En ese sentido, la frase de Barros Luco es relativamente correcta, pero hay un resquicio, en este caso de la condición humana.

Las personas podemos comprender el funcionamiento de los sistemas sociales, introducir pequeñas variaciones al interior de ellos,  evaluarlas y mantenerlas o bien ensayar otras. Es decir, es posible hacer algo, en vez de permanecer impávidos.

La parálisis política es comprensible en la derecha, pues juega a favor de los privilegios existentes.

Una forma de jugar ese juego es apostando a las cortinas de humo, los proyectos irrelevantes, las ideas sin impacto, condimentadas con mucha propaganda que hace perder el tiempo a las personas pensantes en las redes sociales.

Sin embargo, esta no solo es una política cínica sino también peligrosa, pues dado que el sistema social es un producto relativamente artificial (es decir, construido históricamente por la especie) no responde a las adaptaciones automáticas preestablecidas en la naturaleza sino deliberadas, que si no se administran de modo inteligente pueden llevar al límite la posibilidad de la supervivencia humana, como lo anticipan los estudiosos del cambio climático y el calentamiento global.

También es cínica debido a que es indiferente a las consecuencias de sus actos. Parafraseando a Keynes “en el largo plazo, todos estaremos muertos”, da igual.

La frase de Barros Luco puede ser reemplazada por algo más que otra frase ingeniosa: la fuerza de todas las doctrinas reformistas a lo largo de la historia.

Incluso el ensayo prudente de un cambio acotado tiene algo de arrojo, aún cuando pueda terminar en un error. Lo importante es que el error tenga un efecto calculado no perjudicial.

Desafortunadamente, parece ser que los poderosos han convencido a los débiles que la sociedad está en peligro de “transformaciones” (todas potencialmente desastrosas), por ello, deben apostar a la estabilidad social y política.
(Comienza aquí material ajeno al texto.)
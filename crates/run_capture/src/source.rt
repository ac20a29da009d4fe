//! The frames of a run as they are held.
ghost use Rattle.std.specs.Prelude.{◌≡◌};
ghost use Rattle.run_capture.specs.Source.{fault_of_list};

use crate::fault::RunFault;
use capture::ListFault;
use capture_pieces::{Pieces, cut_frames};

/// The frames of a run, as they are held.
#[derive(Clone, Copy)]
pub enum FrameSource<'a> {
    /// Those of a capture file in the classic format, which is one slice.
    Whole(&'a [u8]),
    /// Those of such a file that is held in pieces.
    InPieces(&'a Pieces),
    /// Frames that the caller listed, as those of a capture in another format.
    Listed(&'a [&'a [u8]]),
    /// Frames that the caller couldn't list, as those of a capture in another format that has a fault. The caller knows why.
    Unlisted,
}

impl<'a> FrameSource<'a> {
    ghost use Rattle.run_capture.specs.Source.{cut_frames_in};

    /// How many of the frames were cut when they were taken, up to the first fault of their capture; None where the caller listed them.
    pub(crate) fn cut_frames(&self) -> Option<u64>
        ensures { result ≡ cut_frames_in self.now }
    {
        match self {
            FrameSource::Whole(file) => Some(cut_frames(file)),
            FrameSource::InPieces(pieces) => Some(pieces.cut_frames()),
            FrameSource::Listed(_) | FrameSource::Unlisted => None,
        }
    }
}

/// Why a run without frames writes nothing.
pub(crate) fn listing(fault: ListFault) -> RunFault
    ensures { result ≡ fault_of_list fault }
{
    match fault {
        ListFault::Capture(fault) => RunFault::Capture(fault),
        ListFault::NoMemory => RunFault::NoMemory,
    }
}
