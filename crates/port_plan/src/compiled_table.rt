//! The table of a port (ITU-T G.988, clause 9.3.13), compiled.
ghost use Rattle.std.specs.Prelude.{◌≡◌, ◌↔◌, ℕ, IsTrue};
ghost use Rattle.vlan_rule.specs.declared.settings.TableSettings.{TableSettings};
ghost use Rattle.managed_entity.specs.Shown.{vlan_instance};
ghost use Rattle.frame_meaning.specs.Meaning.{Table, table_of};
ghost use Rattle.port_plan.specs.CompiledTable.{AreMarkings};

use crate::treats::{compile_treat, compile_treats, insert_treat, remove_treat};
use frame_meaning::{Reason, settings_of};
use mib_state::VlanConfig;
use rule_index::{Followed, Head, Index};
use std::alloc::{AllocError, Global};
use std::marker::Model;
use tag_view::{CUSTOMER_TPID, DscpMap};
use treatment::Treat;
use vlan_rule::{RuleTable, TABLE_MAX_SIZE, TableSettings};

/// The settings of a new table: the TPID of a customer's tag (IEEE 802.1Q, clause 9.6), and priority 0 for each DSCP.
const SETTINGS: TableSettings = TableSettings {
    input_tpid: CUSTOMER_TPID,
    output_tpid: CUSTOMER_TPID,
    dscp_map: DscpMap([0; 24]),
};

/// How many steps are taken towards other rules before all treatments are compiled anew. Between two frames there are mostly
/// fewer.
const STEPS: u8 = 5;

/// A table, with what a frame needs of it: which entry is used for the frame, and how the words of its tags are made.
///
/// An entry is for frames with one number of tags, so it has one compiled treatment.
#[derive(Drop)]
pub struct CompiledTable {
    settings: TableSettings,
    index: Index,
    // By entry number, in the order of rank and place: the treatment, or None where the entry discards.
    treats: Vec<Option<Treat>>,
    // The priority that the mapping has for each DSCP, and behind them that without a DSCP.
    markings: [u8; 65],
    uses_dscp: bool,
}

impl Model for CompiledTable {
    ghost use Rattle.std.specs.Prelude.{◌≡◌, ◌≤◌, true, false, vec_capacity};
    ghost use Rattle.vlan_rule.specs.Table.{table_max_size};
    ghost use Rattle.port_plan.specs.Plan.{TablePlan};
    ghost use Rattle.port_plan.specs.CompiledTable.{AreMarkings, AreTreats, NoneAsks, SomeAsks};

    ghost Value = { TablePlan };

    ghost view = { λ t.
        record {
          table = record { settings = t.settings; entries = t.index };
          uses_dscp =
              t.uses_dscp;
        } };

    ghost invariant = { λ t.
        (table_max_size ≤ vec_capacity t.treats)
        × AreTreats t.settings t.index t.treats.items
        × AreMarkings t.settings.dscp_map.0 t.markings
        × (t.uses_dscp ≡ false → NoneAsks t.treats.items)
        × (t.uses_dscp ≡ true → SomeAsks t.treats.items) };
}

impl CompiledTable {
    ghost use Rattle.std.specs.Prelude.{◌≡◌, ◌<◌, ℕ, IsTrue, List, All, Option, Some, Err, IfOk, IfErr, false, length};
    ghost use Rattle.tag_view.specs.Frame.{Reading};
    ghost use Rattle.tag_view.specs.Tag.{IsInRange};
    ghost use Rattle.vlan_rule.specs.Meaning.{treatment_of};
    ghost use Rattle.rule_index.specs.Head.{head_of};
    ghost use Rattle.treatment.specs.Compiled.{Treats, asks_dscp};
    ghost use Rattle.treatment.specs.Treatment.{dscp_priority};
    ghost use Rattle.managed_entity.specs.Shown.{vlan_instance};
    ghost use Rattle.frame_meaning.specs.Meaning.{entry_for, table_of, tags_by};
    ghost use Rattle.port_plan.specs.Plan.{IsDscp, dscp_place, transparent};

    /// A table by which every frame keeps its tags, with room for any table.
    pub fn new(alloc: Global) -> Result<Self, AllocError>
        ensures { IfOk result (λ t. t.table ≡ transparent) }
    {
        let rules = RuleTable::new(alloc)?;
        let mut table = CompiledTable {
            settings: SETTINGS,
            index: Index::new(alloc)?,
            treats: Vec::with_capacity(alloc, TABLE_MAX_SIZE as usize)?,
            markings: markings_of(&SETTINGS.dscp_map),
            uses_dscp: false,
        };
        table.compile_table(SETTINGS, &rules);
        Ok(table)
    }

    /// Becomes the table of an extended VLAN tagging operation configuration data, all of it compiled anew, whatever stood before.
    /// It takes no memory.
    pub fn compile(&mut self, vlan: &VlanConfig)
        ensures { (n : ℕ) → self.new.table ≡ table_of (vlan_instance n vlan.now) }
    {
        self.compile_table(settings_in(vlan), &vlan.table);
    }

    /// Becomes the table of an extended VLAN tagging operation configuration data, as [`compile`](CompiledTable::compile) does, and
    /// compiles what changed. It takes no memory. What was the same before is gone over and not compiled again. Where the settings
    /// stayed and at most five entries changed, a treatment that was set is compiled alone, and where a key was added or deleted the
    /// treatments behind it move.
    pub fn follow(&mut self, vlan: &VlanConfig)
        ensures { (n : ℕ) → self.new.table ≡ table_of (vlan_instance n vlan.now) }
    {
        self.follow_table(settings_in(vlan), &vlan.table);
    }

    /// Becomes the table of these rules and settings, compiled anew.
    fn compile_table(&mut self, settings: TableSettings, rules: &RuleTable)
        ensures { self.new.table ≡ record { settings = settings; entries = rules.now } }
    {
        self.settings = settings;
        self.index.rebuild(rules);
        self.markings = markings_of(&settings.dscp_map);
        self.uses_dscp = compile_treats(&mut self.treats, &self.index, &settings, rules);
    }

    /// Becomes the table of these rules and settings. What these have in common with those before isn't compiled again.
    fn follow_table(&mut self, settings: TableSettings, rules: &RuleTable)
        ensures { self.new.table ≡ record { settings = settings; entries = rules.now } }
    {
        if are_equal(&self.settings, &settings) && self.reach(rules) {
            return;
        }
        let _ = self.index.follow(rules);
        follow_map(
            &mut self.markings,
            &self.settings.dscp_map,
            &settings.dscp_map,
        );
        self.settings = settings;
        self.uses_dscp = compile_treats(&mut self.treats, &self.index, &settings, rules);
    }

    /// Takes a few steps towards these rules, and says whether they are reached. The look that finds so is no step.
    fn reach(&mut self, rules: &RuleTable) -> bool
        ensures settings { self.new.table.settings ≡ self.old.table.settings }
        ensures reached { IsTrue result → self.new.table.entries ≡ rules.now }
    {
        for _ in 0..=STEPS {
            if self.step(rules) {
                return true;
            }
        }
        false
    }

    /// Takes one step towards these rules, or finds that they are reached, and says so. Where all of the index was made anew, the
    /// treatments are too.
    fn step(&mut self, rules: &RuleTable) -> bool
        ensures settings { self.new.table.settings ≡ self.old.table.settings }
        ensures reached { IsTrue result → self.new.table.entries ≡ rules.now }
    {
        match self.index.approach(rules) {
            Followed::Unchanged => true,
            Followed::Treatment(number) => {
                self.uses_dscp = compile_treat(
                    &mut self.treats,
                    self.uses_dscp,
                    number,
                    &self.index,
                    &self.settings,
                    rules,
                );
                false
            }
            Followed::Added(number) => {
                self.uses_dscp = insert_treat(
                    &mut self.treats,
                    self.uses_dscp,
                    number,
                    &self.index,
                    &self.settings,
                    rules,
                );
                false
            }
            Followed::Deleted(number) => {
                self.uses_dscp = remove_treat(&mut self.treats, self.uses_dscp, number);
                false
            }
            Followed::Rebuilt => {
                self.uses_dscp = compile_treats(
                    &mut self.treats,
                    &self.index,
                    &self.settings,
                    rules,
                );
                true
            }
        }
    }

    /// The type that begins a tag, beside the two of IEEE 802.1Q.
    #[inline(always)]
    pub(crate) fn input_tpid(&self) -> u16
        ensures { result ≡ self.now.table.settings.input_tpid }
    {
        self.settings.input_tpid
    }

    /// Whether some treatment asks for the DSCP of a frame.
    #[inline(always)]
    pub(crate) fn uses_dscp(&self) -> bool
        ensures { result ≡ self.now.uses_dscp }
    {
        self.uses_dscp
    }

    /// The treatment of a frame with this head, or the reason to drop it.
    #[inline(always)]
    pub(crate) fn treat(&self, head: &Head) -> Result<&Treat, Reason>
        ensures treat { IfOk result (λ treat. (frame : Reading) → head_of frame ≡ head.now
            → (entry : List ℕ) × (entry_for self.now.table frame ≡ Some entry)
            × Treats (treatment_of entry) self.now.table.settings (length frame.tags)
            (Some treat.now)) }
        ensures dscp { IfOk result (λ treat. self.now.uses_dscp ≡ false
            → asks_dscp treat.now ≡ false) }
        ensures reason { IfErr result (λ reason. (frame : Reading) → head_of frame ≡ head.now
            → All IsInRange frame.tags
            → tags_by self.now.table frame ≡ Err reason) }
    {
        match self
            .treats
            .get(self.index.number(head, self.settings.input_tpid))
        {
            Some(Some(treat)) => Ok(treat),
            Some(None) => Err(Reason::RuleDiscard),
            None => Err(Reason::NoRule),
        }
    }

    /// The priority that the table's mapping has for the DSCP of a place: its number, or 64 for none.
    #[inline(always)]
    pub(crate) fn marking(&self, place: usize) -> u8
        requires { place < 65 }
        ensures value { (dscp : Option ℕ) → IsDscp dscp → place ≡ dscp_place dscp
            → result ≡ dscp_priority self.now.table.settings.dscp_map.0 dscp }
        ensures bound { result < 8 }
    {
        self.markings[place]
    }
}

/// What the entries of a configuration are applied with.
fn settings_in(vlan: &VlanConfig) -> TableSettings
    ensures { (n : ℕ) → record { settings = result; entries = vlan.now.table }
        ≡ table_of (vlan_instance n vlan.now) }
{
    let settings = &vlan.settings;
    settings_of(settings.input_tpid, settings.output_tpid, settings.dscp_map)
}

/// Whether settings are the same.
fn are_equal(one: &TableSettings, other: &TableSettings) -> bool
    ensures { IsTrue result ↔ (one.now ≡ other.now) }
{
    one == other
}

/// Makes the priorities of a mapping out of those of another.
fn follow_map(markings: &mut [u8; 65], old: &DscpMap, new: &DscpMap)
    requires { AreMarkings old.now.0 markings.old }
    ensures { AreMarkings new.now.0 markings.new }
{
    if old != new {
        *markings = markings_of(new);
    }
}

/// The priority that a mapping has for each DSCP, and behind them that without a DSCP.
fn markings_of(map: &DscpMap) -> [u8; 65]
    ensures { AreMarkings map.now.0 result }
{
    let mut markings = [0; 65];
    for dscp in 0..64u8 {
        markings[usize::from(dscp)] = map.get(dscp);
    }
    markings
}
Si evaluamos los actos morales en función de sus consecuencias, la frase de Barros Luco conlleva cinismo y, además, es políticamente inoperante.

Dado que han pasado 100 años, hoy tenemos evidencia que ningún problema se resuelve solo y que muchos problemas de antaño, ya tienen solución.

¿Qué pasa con los gobernantes, gerentes y todo tipo de individuos con poder, que permanentemente se eximen de su responsabilidad usando la famosa frase de Barros Luco?